Seven Things to Consider Before Becoming a Befriender
We are continuing to seek more befrienders to support our work. If you’re thinking of joining us, here’s what you need to know before taking on this important role.
- Your experience matters
Never belittle the experience you have. You may not be a certified coach or qualified psychologist, but you have lived experience that the professionals often don’t have. Be clear to the person you’re befriending that you don’t have professional qualifications, but your experience of ED and recovery gives you an insightful, empathic ad progressive perspective.
- Triggers? What triggers?
Your in a position in recovery where you know exactly what and where your triggers are and how to call them out. Outside of befriending you can stop people mid- sentence saying “sorry, but this conversation isn’t helpful for my well-being” or walk away from conversations without hesitation.
- You safeguard your recovery without question.
This is the most important aspect of befriending. You need to be aware of your own recovery journey and know that the people of Wednesday’s Child positions this as a priority. The second you feel something is impacting on your recovery you give the team at Wednesday’s Child a shout and the befriending will pause.
- You know your ED isn’t benefitting
We have to be honest that a percentage of folks who volunteer in the ED community is because they still want to be fixated with and constantly talking about Eating Disorders. This motivation for becoming a befriender is benefitting your ED! You need to be honest and confident that your reason for befriending is because you want to help recovery and not keep yourself stuck in the ED world.

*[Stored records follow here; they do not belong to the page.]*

// HostMath, which is withdrawn: 14 of a call and 15 of the converter; and whole calls of converted files, whose accounts are those
// of the old files.
use crate::code::CaseFile;
use crate::floats::{THREE, TWO};
use crate::op;
use crate::op::{Op, Record, ToRecord};
use crate::refusals::{RIGHT, sent_back, writing};
use crate::report::{Tally, agrees};
use crate::run::{LONGEST, Set};
use crate::seen::Seen;
use eval::machine::Outcome;
use file::Refusal;
use vm::Lengths;

pub fn cases(tally: &mut Tally) {
    numbers(tally);
    looked_at(tally);
    looked_behind(tally);
    targets(tally);
    handlers(tally);
    handed_over(tally);
    looped(tally);
    limits(tally);
    stores(tally);
}

fn host_math(count: u8) -> Record {
    Op::HostMath.alone().choosing(count)
}

// Whether a file's call, once it is converted, leaves what is wanted.
pub fn agrees_converted(file: CaseFile, set: Set, want: Seen) -> bool {
    file.converted().is_ok_and(|file| agrees(&file, set, want))
}

fn plain(tally: &mut Tally, name: &str, code: &[Record], want: Seen) {
    let ok = agrees_converted(CaseFile::new(code), Set::plain(), want);
    tally.verdict(name, ok);
}

// ---- 14 and 15

// The file of the refusals, with a HostMath in the place of its End.
pub fn ending_with(count: u8) -> CaseFile {
    writing().byte(171, u8::from(Op::HostMath)).byte(172, count)
}

fn numbers(tally: &mut Tally) {
    for count in [0, 1, 2, 8, 255] {
        let ok = sent_back(ending_with(count).as_slice(), RIGHT, 14);
        tally.verdict(format_args!("HostMath of {count}, refused by 14"), ok);
    }
    for count in [2, 8, 255] {
        let ok = is_kept(ending_with(count));
        tally.verdict(
            format_args!("HostMath of {count}, refused by 15, the bytes kept"),
            ok,
        );
    }
    for count in [0, 1] {
        let want = Seen::done(6, 0)
            .stored(0x4040_0000)
            .stack(1, TWO, TWO)
            .looped(1, 1)
            .handled(1, 0x4_0000_0000);
        let accepted = agrees_converted(ending_with(count), Set::room(LONGEST), want);
        tally.verdict(
            format_args!("HostMath of {count}, converted, is accepted"),
            accepted && is_refused_for_cells(count),
        );
    }
}

// 15, and every byte as it was.
fn is_kept(file: CaseFile) -> bool {
    let mut left = file;
    left.convert() == Err(Refusal::ManyArguments) && left.as_slice() == file.as_slice()
}

// 10 of a converted file.
fn is_refused_for_cells(count: u8) -> bool {
    let mut lent = RIGHT;
    lent.cells.kinds = 5;
    let file = ending_with(count).converted();
    file.is_ok_and(|file| sent_back(file.as_slice(), lent, 10))
}

// ---- EachBegin, which looks at HostMath as at any record that is no Const, store, End or Halt

// At its target, and at the record behind.
fn looked_at(tally: &mut Tally) {
    let three = Op::Const.with(op::THREE);
    let code = [three, Op::EachBegin.with(2), host_math(0), Op::End.alone()];
    plain(
        tally,
        "EachBegin, HostMath at the target",
        &code,
        Seen::done(3, THREE),
    );
    let code = [three, Op::EachBegin.with(2), host_math(1)];
    let name = "EachBegin, HostMath at the target and the end";
    plain(tally, name, &code, Seen::done(3, THREE));
    let [store, push] = [Op::StoreVar.with(1), Op::Push.alone()];
    let code = [Op::EachBegin.with(1), three, host_math(1), store, push];
    let want = pushed(4, THREE).stored(0x4040_0000);
    plain(tally, "EachBegin, HostMath behind the target", &code, want);
}

// Two and three records behind its target, where the run goes on.
fn looked_behind(tally: &mut Tally) {
    let [three, one] = [Op::Const.with(op::THREE), Op::Const.with(op::ONE)];
    let [each, push] = [Op::EachBegin.with(1), Op::Push.alone()];
    let code = [each, three, one, host_math(0), push];
    let name = "EachBegin, Const and HostMath behind the target";
    plain(tally, name, &code, pushed(4, 0));
    let code = [each, three, one, Op::StoreVar.with(1), host_math(1), push];
    let name = "EachBegin, HostMath behind a Const and a store";
    plain(tally, name, &code, pushed(4, 0));
}

// The accumulator is on the stack, and nothing else.
fn pushed(charges: u64, acc: u32) -> Seen {
    Seen::done(charges, acc).stack(1, acc, acc)
}

// ---- where a HostMath is reached

// A record that jumps to it of the constant before.
fn targets(tally: &mut Tally) {
    reached(tally, "Jump to HostMath", Op::Jump, op::THREE);
    reached(tally, "JumpIfFalsy to HostMath", Op::JumpIfFalsy, op::ZERO);
    reached(tally, "AndStep to HostMath", Op::AndStep, op::ZERO);
    reached(tally, "OrStep to HostMath", Op::OrStep, op::THREE);
    reached(tally, "DivGuard to HostMath", Op::DivGuard, op::BELOW);
    reached(tally, "HandlerPop to HostMath", Op::HandlerPop, op::THREE);
    reached(tally, "PointerEnter to HostMath", Op::PointerEnter, op::ONE);
    reached(tally, "LoopBegin to HostMath", Op::LoopBegin, op::ZERO);
}

fn reached(tally: &mut Tally, name: &str, op: Op, constant: u32) {
    let code = [
        Op::Const.with(constant),
        op.with(3),
        Op::Halt.alone(),
        host_math(1),
        Op::StoreVar.with(1),
        Op::End.alone(),
    ];
    plain(tally, name, &code, Seen::done(5, 0).stored(0));
}

fn handlers(tally: &mut Tally) {
    let code = [
        Op::Const.with(op::THREE),
        Op::Push.alone(),
        Op::HandlerPush.with(5),
        Op::Push.alone(),
        Op::LoadVar.with(0),
        host_math(1),
    ];
    let want = Seen::done(7, 0).stack(1, THREE, THREE);
    plain(tally, "a handler at HostMath", &code, want);
    let code = [Op::HandlerPush.with(4), host_math(0), Op::LoadVar.with(0)];
    let want = Seen::done(4, 0);
    plain(tally, "HostMath under a handler", &code, want);
}

// The position is that of the record behind HostMath: no record has moved.
fn handed_over(tally: &mut Tally) {
    let over = Seen::ended(Outcome::HandedOver, 3, 0);
    let code = [Op::Const.with(op::THREE), host_math(1), Op::Hash.alone()];
    plain(tally, "handed over behind HostMath", &code, over.at(2));
    let code = [
        Op::Jump.with(2),
        Op::Halt.alone(),
        host_math(0),
        Op::Call.alone(),
    ];
    plain(
        tally,
        "handed over behind a jump to HostMath",
        &code,
        over.at(3),
    );
}

// Two passes; and an operand that is not there behind HostMath, which takes none of its own.
fn looped(tally: &mut Tally) {
    let code = [
        Op::Const.with(op::TWO),
        Op::LoopBegin.with(5),
        host_math(0),
        Op::LoopCheck.with(2),
        Op::LoopEnd.alone(),
    ];
    plain(tally, "HostMath in a loop", &code, Seen::done(8, 0));
    let code = [host_math(1), Op::AddLast.alone(), host_math(0)];
    let want = Seen::done(4, 0).popped(1);
    plain(tally, "AddLast over 0 between HostMaths", &code, want);
}

// ---- both limits, and stores

fn limits(tally: &mut Tally) {
    let every = (0..9).all(|guest| (0..9).all(|house| under(guest, house)));
    tally.verdict("HostMath, every pair of limits to 8", every);
}

fn under(guest: u64, house: u64) -> bool {
    let file = CaseFile::new(&[
        Op::Const.with(op::TWO),
        Op::PushConst.with(op::THREE),
        host_math(1),
        Op::AddLast.alone(),
        Op::End.alone(),
    ]);
    let set = Set::plain().limits(Some(guest), Some(house));
    agrees_converted(file, set, left_under(guest.min(house)))
}

// What that leaves under one limit, by its charges.
fn left_under(limit: u64) -> Seen {
    let stopped = |acc| Seen::ended(Outcome::Steps, limit, acc);
    match limit {
        0 => stopped(0),
        1 => stopped(TWO),
        2 => stopped(TWO).stack(1, TWO, TWO),
        3 => stopped(THREE).stack(1, TWO, TWO),
        4 => stopped(0).stack(1, TWO, TWO),
        5 => stopped(TWO),
        _ => Seen::done(6, TWO),
    }
}

fn stores(tally: &mut Tally) {
    let file = CaseFile::new(&[Op::Const.with(op::TWO), host_math(1), Op::StoreTemp.with(1)]);
    let none = Set::room(Lengths {
        stack: 0,
        loops: 0,
        handlers: 0,
    });
    let ok = agrees_converted(file, none, Seen::done(4, 0).kept(0));
    tally.verdict("HostMath, no stores, its zero in a temp", ok);
}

- You can call out the bullshit
At certain parts of the recovery journey bullshit will be front and centre. If you’re ready to be a befriender, you’re ready to say to someone “hang on, you can’t kid a kidder”. You’re not there to be a friend. You’re there to call out the ED bullshit, lies and behaviours.
- Snacking whilst chatting
Befriending calls are a focused and purposeful activity, but we all know that snacks help the brain work. SO, if you can snack whilst you chat then you know that your ED is not invited to the befriending party.
- The truth truly matters
Don’t lie; don’t hide your truth and don’t pretend you’re living the recovery dream. If you’re speaking with someone about the importance of mindful movement and stopping compulsive exercise, but you went on an unnecessary power walk that morning, then you’re not ready to be a befriender. The person you’re befriending needs your truth and validation that recovery actions are right and true.